Oh and the sub looks damn cool - is it sealed or are you using the boot space as a baffle? What power, size and frequency response?


----------



## TTSFan (Jan 10, 2008)

markTT225 said:


> Whack01 said:
> 
> 
> > That looks top class and sure it sounds it too.. but what appens when you get a flat? :lol:
> ...


What is the tyre mobility system ... I looked in mine and the top right hand corner is empty -- you have something there is that extra or does it come with the car?


----------



## Reaperman (Nov 3, 2006)

Very Nice and Stealth like.... [smiley=thumbsup.gif]

Sorry for the dumb question - if the sub is permanently switched on ie via the BOSE amp ..is the boot floor removed or folded as in the pics..?


----------



## Reaperman (Nov 3, 2006)

TTSFan said:


> markTT225 said:
> 
> 
> > Whack01 said:
> ...


If its missing you need to see your Stealer....!


----------



## TTSFan (Jan 10, 2008)

Yup just double checked I dont have one, this is 100% part of the kit right its not some extra you have to buy?
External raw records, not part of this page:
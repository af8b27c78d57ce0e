//! Makes answers: a status, and the text that is printed.
ghost use Rattle.std.specs.Prelude.{◌≡◌, ◌≢◌, ◌++◌, ℕ, Some, Err, IfOk, decimal};
ghost use Rattle.fossil.specs.Printed as printing;
ghost use Rattle.fossil.specs.Printed.{with_line};
ghost use Rattle.fossil.specs.Outcome.{printed_of, not_repository};
ghost use Rattle.fossil.specs.Arrivals.{refusal_of as refused_for};
ghost use Rattle.fsl_repo.specs.declared.ArriveFault.TheVariants as arrive_fault;

use crate::answers::status::{NOT_REPOSITORY, REFUSED};
use fsl_name::Name;
use fsl_repo::ArriveFault;
use fsl_text::{Memory, Text};
use std::alloc::Global;
use std::marker::Model;

/// A status, and the text that is printed.
#[derive(Drop)]
pub struct Answer {
    pub status: u8,
    pub text: Text,
}

impl Model for Answer {
    ghost use Rattle.fossil.specs.Printed.{Printed};

    ghost Value = { Printed };

    ghost view = { λ a. record { status = a.status; text = a.text } };
}

/// Joins words and the bytes behind them. `Memory` is the only error.
pub fn joined(alloc: Global, words: &[u8], rest: &[u8]) -> Result<Text, Memory>
    ensures { IfOk result (λ text. text ≡ words.now ++ rest.now) }
{
    let mut text = Text::of(alloc, words)?;
    text.append(rest)?;
    Ok(text)
}

/// Joins words and a decimal number behind them. `Memory` is the only error.
pub fn numbered(alloc: Global, words: &[u8], number: u64) -> Result<Text, Memory>
    ensures { IfOk result (λ text. text ≡ words.now ++ decimal number) }
{
    let digits = number.to_string(alloc)?;
    joined(alloc, words, digits.as_bytes())
}

/// Prints the reason `wrong name`: the name that a file was sent under, and that of its bytes. `Memory` is the only
/// error.
pub fn wrong_name(alloc: Global, name: Name, found: Name) -> Result<Text, Memory>
    ensures { IfOk result (λ text. text ≡ printing.wrong_name name found) }
{
    let mut text = joined(alloc, b"wrong name ", name.text().as_slice())?;
    text.append(b" ")?;
    text.append(found.text().as_slice())?;
    Ok(text)
}

/// Makes an answer of a status and one line: words, and the bytes behind them. `Memory` is the only error.
pub fn line(alloc: Global, status: u8, words: &[u8], rest: &[u8]) -> Result<Answer, Memory>
    ensures { IfOk result (λ a. a ≡ with_line status (words.now ++ rest.now)) }
{
    let mut text = joined(alloc, words, rest)?;
    text.append(b"\n")?;
    Ok(Answer { status, text })
}

/// Makes the refusal for a reason. `Memory` is the only error.
pub fn refusal(alloc: Global, reason: &[u8]) -> Result<Answer, Memory>
    ensures { IfOk result (λ a. a ≡ printing.refused reason.now) }
{
    line(alloc, REFUSED, b"refused: ", reason)
}

/// Makes the refusal for a reason that ends with some bytes. `Memory` is the only error.
pub fn refusal_of(alloc: Global, reason: &[u8], bytes: &[u8]) -> Result<Answer, Memory>
    ensures { IfOk result (λ a. a ≡ printing.refused (reason.now ++ bytes.now)) }
{
    let whole = joined(alloc, reason, bytes)?;
    refusal(alloc, whole.bytes())
}

/// Makes the refusal for a reason that ends with a number. `Memory` is the only error.
pub fn numbered_refusal(alloc: Global, reason: &[u8], number: u64) -> Result<Answer, Memory>
    ensures { IfOk result (λ a. a ≡ printing.refused (reason.now ++ decimal number)) }
{
    let whole = numbered(alloc, reason, number)?;
    refusal(alloc, whole.bytes())
}

/// Makes the refusal of the line with this number. `Memory` is the only error.
pub fn bad_line(alloc: Global, line: u64) -> Result<Answer, Memory>
    ensures { IfOk result (λ a. a ≡ printing.bad_line line) }
{
    numbered_refusal(alloc, b"line ", line)
}

/// Makes the refusal of the line with this number, where its card isn't one of files. `Memory` is the only error.
pub fn not_a_file(alloc: Global, line: u64) -> Result<Answer, Memory>
    ensures { IfOk result (λ a. a ≡ printing.not_a_file line) }
{
    numbered_refusal(alloc, b"not a file line ", line)
}

/// Makes the refusal of an input with more than 2^27 bytes. `Memory` is the only error.
pub fn too_long(alloc: Global) -> Result<Answer, Memory>
    ensures { IfOk result (λ a. a ≡ printing.too_long) }
{
    refusal(alloc, b"input too long")
}

/// Makes the refusal of a file by its name and its size in bytes. `Memory` is the only error.
pub fn too_large(alloc: Global, name: Name, size: u64) -> Result<Answer, Memory>
    ensures { IfOk result (λ a. a ≡ printing.too_large name size) }
{
    let mut reason = joined(alloc, b"too large ", name.text().as_slice())?;
    reason.append(b" ")?;
    numbered_refusal(alloc, reason.bytes(), size)
}

/// The refusal of a file by the name that it was sent under and the name of its content.
fn wrongly_named(alloc: Global, name: Name, found: Name) -> Result<Answer, Memory>
    ensures { IfOk result (λ a. a ≡ printing.wrong (name, found)) }
{
    let reason = wrong_name(alloc, name, found)?;
    refusal(alloc, reason.bytes())
}

/// Makes the refusal of a file for which there is no room, by its name. `Memory` is the only error.
pub fn full(alloc: Global, name: Name) -> Result<Answer, Memory>
    ensures { IfOk result (λ a. a ≡ printing.full name) }
{
    refusal_of(alloc, b"full ", name.text().as_slice())
}

/// Makes the refusal of a file by its name and the fault of its arrival, which isn't that of a stopped repository.
/// `Memory` is the only error.
pub fn file_refusal(alloc: Global, name: Name, fault: ArriveFault) -> Result<Answer, Memory>
    requires { (faults : ℕ) → fault ≢ arrive_fault.Stopped faults }
    ensures { IfOk result (λ a. refused_for name (Err fault) ≡ Some a) }
{
    match fault {
        ArriveFault::TooLarge { size } => too_large(alloc, name, size),
        ArriveFault::NameWrong { found } => wrongly_named(alloc, name, found),
        ArriveFault::Full { .. } => full(alloc, name),
        ArriveFault::Memory => Err(Memory),
        ArriveFault::Stopped { .. } => unreachable!(),
    }
}

/// Makes the answer about a file that isn't a repository, by the place at which it fails to be one. `Memory` is the only
/// error.
pub fn not_repository(alloc: Global, at: u64) -> Result<Answer, Memory>
    ensures { IfOk result (λ a. a ≡ printed_of (not_repository at)) }
{
    let digits = at.to_string(alloc)?;
    line(
        alloc,
        NOT_REPOSITORY,
        b"not a repository: ",
        digits.as_bytes(),
    )
}
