//! Says what a sync came to.
ghost use Rattle.fossil.specs.Due.{IsNotLoadedAs};
ghost use Rattle.fossil.specs.Syncs.{no_peer};
ghost use Rattle.fossil.specs.Syncing.{IsFaultDue, IsSyncDue};

use crate::answers::answer::{full, not_repository, numbered_refusal, too_large};
use crate::answers::due::{Due, answered};
use crate::answers::fault::Fault;
use crate::answers::sync_text::{
    missing, no_peer, other_project, synced, too_many_rounds, wrong_reply,
};
use fsl_journal::LoadFault;
use fsl_pull::{PullFault, Pulled};
use std::alloc::Global;

/// What is due of a fault of a sync.
fn fault_due(alloc: Global, fault: PullFault) -> Due
    ensures { IsFaultDue fault result }
{
    match fault {
        PullFault::NotEmpty { len } => answered(numbered_refusal(alloc, b"file not empty ", len)),
        PullFault::NotRepository { at } => answered(not_repository(alloc, at)),
        PullFault::Project { found } => answered(other_project(alloc, found)),
        PullFault::Stopped { .. } => Err(Fault::Disk),
        PullFault::Link => Err(Fault::Link),
        PullFault::Disk => Err(Fault::Disk),
        PullFault::Peer(why) => answered(wrong_reply(alloc, &why)),
        PullFault::TooLarge { name, size } => answered(too_large(alloc, name, size)),
        PullFault::Full { name } => answered(full(alloc, name)),
        PullFault::Missing { name } => answered(missing(alloc, name)),
        PullFault::Rounds => answered(too_many_rounds(alloc)),
        PullFault::Damaged { name, found } => Err(Fault::Damaged { name, found }),
        PullFault::Memory => Err(Fault::Memory),
    }
}

/// What is due of a sync that was made.
pub(crate) fn sync_due(alloc: Global, made: Result<Pulled, PullFault>) -> Due
    ensures { IsSyncDue made result }
{
    match made {
        Ok(pulled) => answered(synced(alloc, &pulled)),
        Err(fault) => fault_due(alloc, fault),
    }
}

/// What is due of a peer's file that isn't loaded.
pub(crate) fn unopened_peer(alloc: Global, fault: LoadFault) -> Due
    ensures { IsNotLoadedAs no_peer fault result }
{
    match fault {
        LoadFault::Disk => Err(Fault::Disk),
        LoadFault::NotRepository { at } => answered(no_peer(alloc, at)),
        LoadFault::Memory => Err(Fault::Memory),
    }
}
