//! Lists the reasons why a command has no answer.
ghost use Rattle.std.specs.Prelude.{◌≡◌};
ghost use Rattle.fossil.specs.declared.answers.fault.Fault.TheVariants as fault_is;

use fsl_name::Name;
use fsl_text::Memory;

/// The reasons why a command has no answer. The line of a fault takes no memory.
#[derive(Clone, Copy, Debug, PartialEq, Eq, Drop)]
pub enum Fault {
    /// The words are no command.
    Usage,
    /// A call of a disk failed.
    Disk,
    /// A read of the input or of the users file failed.
    Input,
    /// A door or the dial failed.
    Link,
    /// The bytes that were read for the artifact of a name have another name.
    Damaged { name: Name, found: Name },
    /// The program is out of memory.
    Memory,
}

impl From<Memory> for Fault {
    ghost from_gives = { λ _ fault. fault ≡ fault_is.Memory };

    fn from(_: Memory) -> Fault {
        Fault::Memory
    }
}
I am about to do a 1500km drive thanks guys for the info


----------



## markTT225 (Apr 8, 2004)

Reaperman said:


> Very Nice and Stealth like.... [smiley=thumbsup.gif]
> 
> Sorry for the dumb question - if the sub is permanently switched on ie via the BOSE amp ..is the boot floor removed or folded as in the pics..?


The boot floor completely covers the sub. The sub is mounted in a separate sealed box, but the sound seems to propagate into the cabin very well even with the boot floor covering it. The bass seems a bit tighter when the floor is pulled back, so I might investigate porting the floor slightly to improve the sound when it's covered.


----------



## brittan (May 18, 2007)

TTSFan said:


> Yup just double checked I dont have one, this is 100% part of the kit right its not some extra you have to buy?
> 
> I am about to do a 1500km drive thanks guys for the info


The grey box with the label on top is the compressor with hose and cable to plug into the cig lighter socket. The bottle in the plastic bag contains the tyre sealing gunk. Apart from the jack that's all you get for puncture "repair".

It's nothing to do with different equipment for different markets is it? You're in S Africa I believe.


----------



## brittan (May 18, 2007)

VicTT said:


> It's nothing to do with different equipment for different markets is it? You're in S Africa I believe.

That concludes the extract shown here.